Bron: Maandblad van de Vlaamse Imkerbond
Jaargang: 89
Jaar: 2003
Maand: Januari
Auteurs: L. Eerselmans
HOE BEPERKEN WE HET VERVLIEGEN VAN ONZE BIJEN
De veronderstelling dat bijen zien, zoals wij dat doen, is niet juist. Ze is de oorzaak van onze verkeerde opvattingen inzake de opstelling en de herkenning door de bijen van hun kasten op onze standen. Zich vergissende en vervliegende bijen zijn er het gevolg van. Kunnen we dat voorkomen of verhelpen?
Vervliegen heeft vervelende gevolgen
In de natuur komt het niet voor dat bijenvolken hun behuizing vlak bij elkaar kiezen, netjes op een rij, zij aan zij, zoals ze in onze bijenhal opgesteld staan. Massaal vervliegen is dan ook een typisch uitvloeisel van de wijze waarop mensen bijen houden. Het verschijnsel doet zich des te intenser voor naarmate de opstelling van de kasten eenvormiger is en de herkenning van hun nest voor de bijen moeilijker wordt. Concreet heeft het vervliegen een aantal vervelende gevolgen die we in vier rubrieken kunnen onderbrengen.
1. Verlies van koninginnen
K. von Frisch citeert het voorbeeld van de monniken van de abdij van St.-Odile in Beieren, die zestien van 21 koninginnen verloren op hun terugkeer van de bruidsvlucht.
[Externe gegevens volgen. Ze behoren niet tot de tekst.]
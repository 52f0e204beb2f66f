//! Results of the instructions, stated from outside: computed by a model in Python that was written from the RISC-V manual.
//! Each line begins with the name of an instruction and its word. All numbers are hexadecimal.

/// Then what is in x10, and what comes into x12 with each of the six operands in x11.
pub(crate) fn two_registers() -> &'static str {
    "\
add b50633 0 0 1 ffffffffffffffff 80000000 8000000000000000 7fffffffffffffff\n\
add b50633 1 1 2 0 80000001 8000000000000001 8000000000000000\n\
add b50633 ffffffffffffffff ffffffffffffffff 0 fffffffffffffffe 7fffffff 7fffffffffffffff 7ffffffffffffffe\n\
add b50633 80000000 80000000 80000001 7fffffff 100000000 8000000080000000 800000007fffffff\n\
add b50633 8000000000000000 8000000000000000 8000000000000001 7fffffffffffffff 8000000080000000 0 ffffffffffffffff\n\
add b50633 7fffffffffffffff 7fffffffffffffff 8000000000000000 7ffffffffffffffe 800000007fffffff ffffffffffffffff fffffffffffffffe\n\
sub 40b50633 0 0 ffffffffffffffff 1 ffffffff80000000 8000000000000000 8000000000000001\n\
sub 40b50633 1 1 0 2 ffffffff80000001 8000000000000001 8000000000000002\n\
sub 40b50633 ffffffffffffffff ffffffffffffffff fffffffffffffffe 0 ffffffff7fffffff 7fffffffffffffff 8000000000000000\n\
sub 40b50633 80000000 80000000 7fffffff 80000001 0 8000000080000000 8000000080000001\n\
sub 40b50633 8000000000000000 8000000000000000 7fffffffffffffff 8000000000000001 7fffffff80000000 0 1\n\
sub 40b50633 7fffffffffffffff 7fffffffffffffff 7ffffffffffffffe 8000000000000000 7fffffff7fffffff ffffffffffffffff 0\n\
sll b51633 0 0 0 0 0 0 0\n\
sll b51633 1 1 2 8000000000000000 1 1 8000000000000000\n\
sll b51633 ffffffffffffffff ffffffffffffffff fffffffffffffffe 8000000000000000 ffffffffffffffff ffffffffffffffff 8000000000000000\n\
sll b51633 80000000 80000000 100000000 0 80000000 80000000 0\n\
sll b51633 8000000000000000 8000000000000000 0 0 8000000000000000 8000000000000000 0\n\
sll b51633 7fffffffffffffff 7fffffffffffffff fffffffffffffffe 8000000000000000 7fffffffffffffff 7fffffffffffffff 8000000000000000\n\
slt b52633 0 0 1 0 1 0 1\n\
slt b52633 1 0 0 0 1 0 1\n\
slt b52633 ffffffffffffffff 1 1 0 1 0 1\n\
slt b52633 80000000 0 0 0 0 0 1\n\
slt b52633 8000000000000000 1 1 1 1 0 1\n\
slt b52633 7fffffffffffffff 0 0 0 0 0 0\n\
sltu b53633 0 0 1 1 1 1 1\n\
sltu b53633 1 0 0 1 1 1 1\n\
sltu b53633 ffffffffffffffff 0 0 0 0 0 0\n\
sltu b53633 80000000 0 0 1 0 1 1\n\
sltu b53633 8000000000000000 0 0 1 0 0 0\n\
sltu b53633 7fffffffffffffff 0 0 1 0 1 0\n\
xor b54633 0 0 1 ffffffffffffffff 80000000 8000000000000000 7fffffffffffffff\n\
xor b54633 1 1 0 fffffffffffffffe 80000001 8000000000000001 7ffffffffffffffe\n\
xor b54633 ffffffffffffffff ffffffffffffffff fffffffffffffffe 0 ffffffff7fffffff 7fffffffffffffff 8000000000000000\n\
xor b54633 80000000 80000000 80000001 ffffffff7fffffff 0 8000000080000000 7fffffff7fffffff\n\
xor b54633 8000000000000000 8000000000000000 8000000000000001 7fffffffffffffff 8000000080000000 0 ffffffffffffffff\n\
xor b54633 7fffffffffffffff 7fffffffffffffff 7ffffffffffffffe 8000000000000000 7fffffff7fffffff ffffffffffffffff 0\n\
srl b55633 0 0 0 0 0 0 0\n\
srl b55633 1 1 0 0 1 1 0\n\
srl b55633 ffffffffffffffff ffffffffffffffff 7fffffffffffffff 1 ffffffffffffffff ffffffffffffffff 1\n\
srl b55633 80000000 80000000 40000000 0 80000000 80000000 0\n\
srl b55633 8000000000000000 8000000000000000 4000000000000000 1 8000000000000000 8000000000000000 1\n\
srl b55633 7fffffffffffffff 7fffffffffffffff 3fffffffffffffff 0 7fffffffffffffff 7fffffffffffffff 0\n\
sra 40b55633 0 0 0 0 0 0 0\n\
sra 40b55633 1 1 0 0 1 1 0\n\
sra 40b55633 ffffffffffffffff ffffffffffffffff ffffffffffffffff ffffffffffffffff ffffffffffffffff ffffffffffffffff ffffffffffffffff\n\
sra 40b55633 80000000 80000000 40000000 0 80000000 80000000 0\n\
sra 40b55633 8000000000000000 8000000000000000 c000000000000000 ffffffffffffffff 8000000000000000 8000000000000000 ffffffffffffffff\n\
sra 40b55633 7fffffffffffffff 7fffffffffffffff 3fffffffffffffff 0 7fffffffffffffff 7fffffffffffffff 0\n\
or b56633 0 0 1 ffffffffffffffff 80000000 8000000000000000 7fffffffffffffff\n\
or b56633 1 1 1 ffffffffffffffff 80000001 8000000000000001 7fffffffffffffff\n\
or b56633 ffffffffffffffff ffffffffffffffff ffffffffffffffff ffffffffffffffff ffffffffffffffff ffffffffffffffff ffffffffffffffff\n\
or b56633 80000000 80000000 80000001 ffffffffffffffff 80000000 8000000080000000 7fffffffffffffff\n\
or b56633 8000000000000000 8000000000000000 8000000000000001 ffffffffffffffff 8000000080000000 8000000000000000 ffffffffffffffff\n\
or b56633 7fffffffffffffff 7fffffffffffffff 7fffffffffffffff ffffffffffffffff 7fffffffffffffff ffffffffffffffff 7fffffffffffffff\n\
and b57633 0 0 0 0 0 0 0\n\
and b57633 1 0 1 1 0 0 1\n\
and b57633 ffffffffffffffff 0 1 ffffffffffffffff 80000000 8000000000000000 7fffffffffffffff\n\
and b57633 80000000 0 0 80000000 80000000 0 80000000\n\
and b57633 8000000000000000 0 0 8000000000000000 0 8000000000000000 0\n\
and b57633 7fffffffffffffff 0 1 7fffffffffffffff 80000000 0 7fffffffffffffff\n\
mul 2b50633 0 0 0 0 0 0 0\n\
mul 2b50633 1 0 1 ffffffffffffffff 80000000 8000000000000000 7fffffffffffffff\n\
mul 2b50633 ffffffffffffffff 0 ffffffffffffffff 1 ffffffff80000000 8000000000000000 8000000000000001\n\
mul 2b50633 80000000 0 80000000 ffffffff80000000 4000000000000000 0 ffffffff80000000\n\
mul 2b50633 8000000000000000 0 8000000000000000 8000000000000000 0 0 8000000000000000\n\
mul 2b50633 7fffffffffffffff 0 7fffffffffffffff 8000000000000001 ffffffff80000000 8000000000000000 1\n\
mulh 2b51633 0 0 0 0 0 0 0\n\
mulh 2b51633 1 0 0 ffffffffffffffff 0 ffffffffffffffff 0\n\
mulh 2b51633 ffffffffffffffff 0 ffffffffffffffff 0 ffffffffffffffff 0 ffffffffffffffff\n\
mulh 2b51633 80000000 0 0 ffffffffffffffff 0 ffffffffc0000000 3fffffff\n\
mulh 2b51633 8000000000000000 0 ffffffffffffffff 0 ffffffffc0000000 4000000000000000 c000000000000000\n\
mulh 2b51633 7fffffffffffffff 0 0 ffffffffffffffff 3fffffff c000000000000000 3fffffffffffffff\n\
mulhsu 2b52633 0 0 0 0 0 0 0\n\
mulhsu 2b52633 1 0 0 0 0 0 0\n\
mulhsu 2b52633 ffffffffffffffff 0 ffffffffffffffff ffffffffffffffff ffffffffffffffff ffffffffffffffff ffffffffffffffff\n\
mulhsu 2b52633 80000000 0 0 7fffffff 0 40000000 3fffffff\n\
mulhsu 2b52633 8000000000000000 0 ffffffffffffffff 8000000000000000 ffffffffc0000000 c000000000000000 c000000000000000\n\
mulhsu 2b52633 7fffffffffffffff 0 0 7ffffffffffffffe 3fffffff 3fffffffffffffff 3fffffffffffffff\n\
mulhu 2b53633 0 0 0 0 0 0 0\n\
mulhu 2b53633 1 0 0 0 0 0 0\n\
mulhu 2b53633 ffffffffffffffff 0 0 fffffffffffffffe 7fffffff 7fffffffffffffff 7ffffffffffffffe\n\
mulhu 2b53633 80000000 0 0 7fffffff 0 40000000 3fffffff\n\
mulhu 2b53633 8000000000000000 0 0 7fffffffffffffff 40000000 4000000000000000 3fffffffffffffff\n\
mulhu 2b53633 7fffffffffffffff 0 0 7ffffffffffffffe 3fffffff 3fffffffffffffff 3fffffffffffffff\n\
div 2b54633 0 ffffffffffffffff 0 0 0 0 0\n\
div 2b54633 1 ffffffffffffffff 1 ffffffffffffffff 0 0 0\n\
div 2b54633 ffffffffffffffff ffffffffffffffff ffffffffffffffff 1 0 0 0\n\
div 2b54633 80000000 ffffffffffffffff 80000000 ffffffff80000000 1 0 0\n\
div 2b54633 8000000000000000 ffffffffffffffff 8000000000000000 8000000000000000 ffffffff00000000 1 ffffffffffffffff\n\
div 2b54633 7fffffffffffffff ffffffffffffffff 7fffffffffffffff 8000000000000001 ffffffff 0 1\n\
divu 2b55633 0 ffffffffffffffff 0 0 0 0 0\n\
divu 2b55633 1 ffffffffffffffff 1 0 0 0 0\n\
divu 2b55633 ffffffffffffffff ffffffffffffffff ffffffffffffffff 1 1ffffffff 1 2\n\
divu 2b55633 80000000 ffffffffffffffff 80000000 0 1 0 0\n\
divu 2b55633 8000000000000000 ffffffffffffffff 8000000000000000 0 100000000 1 1\n\
divu 2b55633 7fffffffffffffff ffffffffffffffff 7fffffffffffffff 0 ffffffff 0 1\n\
rem 2b56633 0 0 0 0 0 0 0\n\
rem 2b56633 1 1 0 0 1 1 1\n\
rem 2b56633 ffffffffffffffff ffffffffffffffff 0 0 ffffffffffffffff ffffffffffffffff ffffffffffffffff\n\
rem 2b56633 80000000 80000000 0 0 0 80000000 80000000\n\
rem 2b56633 8000000000000000 8000000000000000 0 0 0 0 ffffffffffffffff\n\
rem 2b56633 7fffffffffffffff 7fffffffffffffff 0 0 7fffffff 7fffffffffffffff 0\n\
remu 2b57633 0 0 0 0 0 0 0\n\
remu 2b57633 1 1 0 1 1 1 1\n\
remu 2b57633 ffffffffffffffff ffffffffffffffff 0 0 7fffffff 7fffffffffffffff 1\n\
remu 2b57633 80000000 80000000 0 80000000 0 80000000 80000000\n\
remu 2b57633 8000000000000000 8000000000000000 0 8000000000000000 0 0 1\n\
remu 2b57633 7fffffffffffffff 7fffffffffffffff 0 7fffffffffffffff 7fffffff 7fffffffffffffff 0\n\
addw b5063b 0 0 1 ffffffffffffffff ffffffff80000000 0 ffffffffffffffff\n\
addw b5063b 1 1 2 0 ffffffff80000001 1 0\n\
addw b5063b ffffffffffffffff ffffffffffffffff 0 fffffffffffffffe 7fffffff ffffffffffffffff fffffffffffffffe\n\
addw b5063b 80000000 ffffffff80000000 ffffffff80000001 7fffffff 0 ffffffff80000000 7fffffff\n\
addw b5063b 8000000000000000 0 1 ffffffffffffffff ffffffff80000000 0 ffffffffffffffff\n\
addw b5063b 7fffffffffffffff ffffffffffffffff 0 fffffffffffffffe 7fffffff ffffffffffffffff fffffffffffffffe\n\
subw 40b5063b 0 0 ffffffffffffffff 1 ffffffff80000000 0 1\n\
subw 40b5063b 1 1 0 2 ffffffff80000001 1 2\n\
subw 40b5063b ffffffffffffffff ffffffffffffffff fffffffffffffffe 0 7fffffff ffffffffffffffff 0\n\
subw 40b5063b 80000000 ffffffff80000000 7fffffff ffffffff80000001 0 ffffffff80000000 ffffffff80000001\n\
subw 40b5063b 8000000000000000 0 ffffffffffffffff 1 ffffffff80000000 0 1\n\
subw 40b5063b 7fffffffffffffff ffffffffffffffff fffffffffffffffe 0 7fffffff ffffffffffffffff 0\n\
sllw b5163b 0 0 0 0 0 0 0\n\
sllw b5163b 1 1 2 ffffffff80000000 1 1 ffffffff80000000\n\
sllw b5163b ffffffffffffffff ffffffffffffffff fffffffffffffffe ffffffff80000000 ffffffffffffffff ffffffffffffffff ffffffff80000000\n\
sllw b5163b 80000000 ffffffff80000000 0 0 ffffffff80000000 ffffffff80000000 0\n\
sllw b5163b 8000000000000000 0 0 0 0 0 0\n\
sllw b5163b 7fffffffffffffff ffffffffffffffff fffffffffffffffe ffffffff80000000 ffffffffffffffff ffffffffffffffff ffffffff80000000\n\
srlw b5563b 0 0 0 0 0 0 0\n\
srlw b5563b 1 1 0 0 1 1 0\n\
srlw b5563b ffffffffffffffff ffffffffffffffff 7fffffff 1 ffffffffffffffff ffffffffffffffff 1\n\
srlw b5563b 80000000 ffffffff80000000 40000000 1 ffffffff80000000 ffffffff80000000 1\n\
srlw b5563b 8000000000000000 0 0 0 0 0 0\n\
srlw b5563b 7fffffffffffffff ffffffffffffffff 7fffffff 1 ffffffffffffffff ffffffffffffffff 1\n\
sraw 40b5563b 0 0 0 0 0 0 0\n\
sraw 40b5563b 1 1 0 0 1 1 0\n\
sraw 40b5563b ffffffffffffffff ffffffffffffffff ffffffffffffffff ffffffffffffffff ffffffffffffffff ffffffffffffffff ffffffffffffffff\n\
sraw 40b5563b 80000000 ffffffff80000000 ffffffffc0000000 ffffffffffffffff ffffffff80000000 ffffffff80000000 ffffffffffffffff\n\
sraw 40b5563b 8000000000000000 0 0 0 0 0 0\n\
sraw 40b5563b 7fffffffffffffff ffffffffffffffff ffffffffffffffff ffffffffffffffff ffffffffffffffff ffffffffffffffff ffffffffffffffff\n\
mulw 2b5063b 0 0 0 0 0 0 0\n\
mulw 2b5063b 1 0 1 ffffffffffffffff ffffffff80000000 0 ffffffffffffffff\n\
mulw 2b5063b ffffffffffffffff 0 ffffffffffffffff 1 ffffffff80000000 0 1\n\
mulw 2b5063b 80000000 0 ffffffff80000000 ffffffff80000000 0 0 ffffffff80000000\n\
mulw 2b5063b 8000000000000000 0 0 0 0 0 0\n\
mulw 2b5063b 7fffffffffffffff 0 ffffffffffffffff 1 ffffffff80000000 0 1\n\
divw 2b5463b 0 ffffffffffffffff 0 0 0 ffffffffffffffff 0\n\
divw 2b5463b 1 ffffffffffffffff 1 ffffffffffffffff 0 ffffffffffffffff ffffffffffffffff\n\
divw 2b5463b ffffffffffffffff ffffffffffffffff ffffffffffffffff 1 0 ffffffffffffffff 1\n\
divw 2b5463b 80000000 ffffffffffffffff ffffffff80000000 ffffffff80000000 1 ffffffffffffffff ffffffff80000000\n\
divw 2b5463b 8000000000000000 ffffffffffffffff 0 0 0 ffffffffffffffff 0\n\
divw 2b5463b 7fffffffffffffff ffffffffffffffff ffffffffffffffff 1 0 ffffffffffffffff 1\n\
divuw 2b5563b 0 ffffffffffffffff 0 0 0 ffffffffffffffff 0\n\
divuw 2b5563b 1 ffffffffffffffff 1 0 0 ffffffffffffffff 0\n\
divuw 2b5563b ffffffffffffffff ffffffffffffffff ffffffffffffffff 1 1 ffffffffffffffff 1\n\
divuw 2b5563b 80000000 ffffffffffffffff ffffffff80000000 0 1 ffffffffffffffff 0\n\
divuw 2b5563b 8000000000000000 ffffffffffffffff 0 0 0 ffffffffffffffff 0\n\
divuw 2b5563b 7fffffffffffffff ffffffffffffffff ffffffffffffffff 1 1 ffffffffffffffff 1\n\
remw 2b5663b 0 0 0 0 0 0 0\n\
remw 2b5663b 1 1 0 0 1 1 0\n\
remw 2b5663b ffffffffffffffff ffffffffffffffff 0 0 ffffffffffffffff ffffffffffffffff 0\n\
remw 2b5663b 80000000 ffffffff80000000 0 0 0 ffffffff80000000 0\n\
remw 2b5663b 8000000000000000 0 0 0 0 0 0\n\
remw 2b5663b 7fffffffffffffff ffffffffffffffff 0 0 ffffffffffffffff ffffffffffffffff 0\n\
remuw 2b5763b 0 0 0 0 0 0 0\n\
remuw 2b5763b 1 1 0 1 1 1 1\n\
remuw 2b5763b ffffffffffffffff ffffffffffffffff 0 0 7fffffff ffffffffffffffff 0\n\
remuw 2b5763b 80000000 ffffffff80000000 0 ffffffff80000000 0 ffffffff80000000 ffffffff80000000\n\
remuw 2b5763b 8000000000000000 0 0 0 0 0 0\n\
remuw 2b5763b 7fffffffffffffff ffffffffffffffff 0 0 7fffffff ffffffffffffffff 0"
}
Nadat de paringskastjes in een bijenvriendelijk kleurtje werden gezet en verschillend werden georiënteerd, bedroeg het verlies nog slechts drie op 42.
2. Verlies van bijen
Kasten die op de uiteinden van een aaneengesloten rij staan opgesteld, zullen de meeste vervliegers aantrekken. In het voorjaar lokken sterk voorspelende volken veel werksters uit het naaste buurvolk, mee naar binnen. Dit laatste kan hierdoor ernstig verzwakken, doordat het broednest niet meer op temperatuur kan gehouden worden, precies op het ogenblik van het jaar dat daartoe de grootste behoefte bestaat.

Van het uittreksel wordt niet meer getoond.